Your instructions
Out of the data below, copy every line with the string "tell".

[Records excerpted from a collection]
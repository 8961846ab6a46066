//! A board whose seats are driven by hand.
ghost use Rattle.std.specs.Prelude.{◌≡◌, IfOk, IsTrue};
ghost use Rattle.tup_board.specs.Board.{course_of, plan_of};
ghost use Rattle.tup_board.specs.Calls.{AreStamped};
ghost use Rattle.tup_runner.specs.Report.{asks_of};
ghost use Rattle.tup_schedule.specs.Course.{GoesOn, RunsRule, WasDenied};

use crate::order::Order;
use crate::quiet::Quiet;
use crate::report::note;
use crate::seat::{may_run, rule_of, seat_report};
use crate::shown::{
    asked_words, claimed_words, drained_words, ended_words, fault_words, verdict_words,
};
use std::alloc::{AllocError, Global};
use tup_board::{Asked, Board, BoardParts, Claimed, Drained};
use tup_core::{Cause, Plan};
use tup_given::Replies;
use tup_mini::Mini;
use tup_path::{Items, Text};
use tup_rows::{RowFault, Words, set};
use tup_runner::{Report, RunFailed};

/// How often a command may ask.
const STEPS: u32 = 5_000;

/// A board over a site in memory, at which small commands run.
pub(crate) type MemBoard = Board<Quiet, Mini>;

/// A board with its plan, and for each seat what its command was told.
#[derive(Drop)]
pub(crate) struct Desk {
    board: MemBoard,
    plan: Plan,
    told: Vec<Replies>,
    ghost planned: { plan ≡ plan_of board },
}

impl Desk {
    /// Nobody was told anything yet.
    pub(crate) fn of(alloc: Global, board: MemBoard, plan: Plan) -> Result<Desk, RowFault>
        requires { plan ≡ plan_of board }
    {
        match untold(alloc) {
            Ok(told) => Ok(Desk { board, plan, told }),
            Err(_) => {
                drop(board);
                drop(plan);
                Err(RowFault::Memory)
            }
        }
    }

    /// Takes the board apart.
    pub(crate) fn into_parts(self) -> BoardParts<Quiet> {
        let Desk {
            board,
            plan,
            told,
            ..
        } = self;
        drop(plan);
        drop(told);
        board.into_parts()
    }

    /// Does what an order says: what came of it. `OtherKind` where the seat can't.
    pub(crate) fn obey(&mut self, alloc: Global, order: &Order<'_>) -> Result<Words, RowFault> {
        let seat = order.number(1);
        match order.word(0) {
            "claim" => self.show_claim(alloc, seat),
            "step" => self.work(alloc, seat, 1),
            "work" => self.work(alloc, seat, STEPS),
            "all" => self.all(alloc, seat),
            "drain" => self.show_drain(alloc),
            "ask" => self.ask_for(alloc, seat, order),
            "denied" => self.end_denied(alloc, seat),
            "stop" => self.stop(alloc, seat, order.word(2)),
            _ => Err(RowFault::NoSuchCall),
        }
    }

    /// A seat that runs nothing claims; its command was told nothing yet.
    fn claim(&mut self, alloc: Global, seat: u32) -> Result<Claimed, RowFault> {
        if seat >= 16 || self.board.running(seat).is_some() {
            return Err(RowFault::OtherKind);
        }
        if let Some(told) = self.told.get_mut(seat as usize) {
            set(told, Replies::new(Items::new(alloc)));
        }
        Ok(self.board.claim(&self.plan, seat))
    }

    fn show_claim(&mut self, alloc: Global, seat: u32) -> Result<Words, RowFault> {
        Ok(claimed_words(alloc, self.claim(alloc, seat)?))
    }

    /// A seat claims one rule after another, and its commands go on to their ends: what came of the last claim.
    fn all(&mut self, alloc: Global, seat: u32) -> Result<Words, RowFault> {
        for _ in 0..=self.plan.reach.len() {
            let claimed = self.claim(alloc, seat)?;
            if !matches!(claimed, Claimed::Rule(_)) {
                return Ok(claimed_words(alloc, claimed));
            }
            self.run(alloc, seat)?;
        }
        Err(RowFault::TooMany)
    }

    /// The command of a seat goes on to its end.
    fn run(&mut self, alloc: Global, seat: u32) -> Result<(), RowFault> {
        self.work(alloc, seat, STEPS)?;
        if self.was_denied(seat) {
            self.end_denied(alloc, seat)?;
        }
        Ok(())
    }

    /// The command of a seat goes on, so many steps at most, until it ends, or an ask is denied or refused: what came of
    /// its last step.
    fn work(&mut self, alloc: Global, seat: u32, steps: u32) -> Result<Words, RowFault> {
        let mut last = Err(RowFault::OtherKind);
        for _ in 0..steps {
            if !self.goes_on(seat) {
                break;
            }
            set(&mut last, self.step(alloc, seat));
        }
        last
    }

    /// It asks once more, or ends.
    fn step(&mut self, alloc: Global, seat: u32) -> Result<Words, RowFault>
        requires { GoesOn (course_of self.old.board) seat }
    {
        match self.report(alloc, seat) {
            Ok(report) => {
                let done = self.finish(alloc, seat, &report);
                drop(report);
                Ok(done)
            }
            Err(RunFailed::Denied) => self.ask_next(alloc, seat),
            Err(RunFailed::View) => Err(RowFault::OtherKind),
            Err(_) => Err(RowFault::Memory),
        }
    }

    /// The report of the command of a seat over what it was told. `View` where this isn't what the seat was answered.
    fn report(&mut self, alloc: Global, seat: u32) -> Result<Report<Mini>, RunFailed>
        requires runs { GoesOn (course_of self.old.board) seat }
        ensures board { self.new.board ≡ self.old.board }
        ensures dir { IfOk result (λ report. (it : RunsRule (course_of self.old.board) seat)
            → report.dir ≡ it.rule.dir) }
        ensures text { IfOk result (λ report. (it : RunsRule (course_of self.old.board) seat)
            → report.text ≡ it.rule.text) }
        ensures asks { IfOk result (λ report. (it : RunsRule (course_of self.old.board) seat)
            → AreStamped it.running.asks (asks_of report)) }
    {
        let Some(rule) = rule_of(&self.board, &self.plan, seat) else {
            return Err(RunFailed::Memory);
        };
        match self.told.get_mut(seat as usize) {
            Some(told) => seat_report(alloc, &self.board, seat, rule, told),
            None => Err(RunFailed::Memory),
        }
    }

    /// Ends the command of a seat.
    fn finish(&mut self, alloc: Global, seat: u32, report: &Report<Mini>) -> Words
        requires runs { GoesOn (course_of self.old.board) seat }
        requires dir { (it : RunsRule (course_of self.old.board) seat)
            → report.now.dir ≡ it.rule.dir }
        requires text { (it : RunsRule (course_of self.old.board) seat)
            → report.now.text ≡ it.rule.text }
        requires asks { (it : RunsRule (course_of self.old.board) seat)
            → AreStamped it.running.asks (asks_of report.now) }
    {
        let ended = self.board.finish(alloc, &self.plan, seat, report);
        let words = ended_words(alloc, &ended);
        drop(ended);
        words
    }

    /// The command of a seat asks for the text that its view has refused.
    fn ask_next(&mut self, alloc: Global, seat: u32) -> Result<Words, RowFault>
        requires { GoesOn (course_of self.old.board) seat }
    {
        match self.refused(seat) {
            Some(text) => {
                let told = self.ask(alloc, seat, &text);
                drop(text);
                told
            }
            None => Err(RowFault::OtherKind),
        }
    }

    fn refused(&mut self, seat: u32) -> Option<Text>
        ensures { self.new.board ≡ self.old.board }
    {
        self.told.get_mut(seat as usize)?.take_denied()
    }

    /// The command of a seat asks for the text of an order.
    fn ask_for(&mut self, alloc: Global, seat: u32, order: &Order<'_>) -> Result<Words, RowFault> {
        if !self.goes_on(seat) {
            return Err(RowFault::OtherKind);
        }
        let text = order.text(alloc);
        let told = self.ask(alloc, seat, &text);
        drop(text);
        told
    }

    /// The command of a seat asks for a text.
    fn ask(&mut self, alloc: Global, seat: u32, text: &Text) -> Result<Words, RowFault>
        requires { GoesOn (course_of self.old.board) seat }
    {
        match self.board.ask(alloc, &self.plan, seat, text) {
            Ok(asked) => self.tell(alloc, seat, text, asked),
            Err(fault) => Ok(fault_words(alloc, fault)),
        }
    }

    /// A command is told what it asked for.
    fn tell(
        &mut self,
        alloc: Global,
        seat: u32,
        text: &Text,
        asked: Asked,
    ) -> Result<Words, RowFault> {
        let noted = self.note(seat, text, &asked);
        let words = asked_words(alloc, &asked);
        drop(asked);
        match noted {
            Ok(()) => Ok(words),
            Err(_) => Err(RowFault::Memory),
        }
    }

    /// It is to be told that again when it begins anew.
    fn note(&mut self, seat: u32, text: &Text, asked: &Asked) -> Result<(), AllocError> {
        match self.told.get_mut(seat as usize) {
            Some(told) => note(told, text, asked),
            None => Ok(()),
        }
    }

    /// Ends the command of a seat that was denied an ask.
    fn end_denied(&mut self, alloc: Global, seat: u32) -> Result<Words, RowFault> {
        if !self.was_denied(seat) {
            return Err(RowFault::OtherKind);
        }
        self.board.finish_denied(&self.plan, seat);
        Ok(verdict_words(alloc, self.board.last_verdict()))
    }

    /// Stops at a seat.
    fn stop(&mut self, alloc: Global, seat: u32, cause: &str) -> Result<Words, RowFault> {
        if seat >= 16 {
            return Err(RowFault::OtherKind);
        }
        match cause {
            "run" => self.board.stop(&self.plan, seat, Cause::Run),
            "memory" => self.board.stop(&self.plan, seat, Cause::Memory),
            _ => return Err(RowFault::OtherKind),
        }
        Ok(Words::new(alloc))
    }

    /// All that can be run is run, if nothing happened yet.
    pub(crate) fn drain(&mut self, alloc: Global) -> Result<Drained, RowFault> {
        if !self.board.history().is_empty() {
            return Err(RowFault::OtherKind);
        }
        Ok(self.board.drain(alloc, &self.plan, &mut Mini::new(alloc)))
    }

    fn show_drain(&mut self, alloc: Global) -> Result<Words, RowFault> {
        Ok(drained_words(alloc, self.drain(alloc)?))
    }

    /// Whether a seat runs a rule whose command was denied nothing.
    fn goes_on(&self, seat: u32) -> bool
        ensures { IsTrue result → GoesOn (course_of self.now.board) seat }
    {
        match self.board.running(seat) {
            Some(running) => may_run(&self.plan, seat, running) && running.denied.is_none(),
            None => false,
        }
    }

    /// Whether a seat runs a rule whose command was denied its last ask.
    fn was_denied(&self, seat: u32) -> bool
        ensures { IsTrue result → WasDenied (course_of self.now.board) seat }
    {
        match self.board.running(seat) {
            Some(running) => may_run(&self.plan, seat, running) && running.denied.is_some(),
            None => false,
        }
    }
}

/// For each seat nothing.
fn untold(alloc: Global) -> Result<Vec<Replies>, AllocError> {
    let mut told = Vec::new(alloc);
    for _ in 0..16 {
        told.push(Replies::new(Items::new(alloc)))?;
    }
    Ok(told)
}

Answer to this task
            Ok(asked) => self.tell(alloc, seat, text, asked),
    fn tell(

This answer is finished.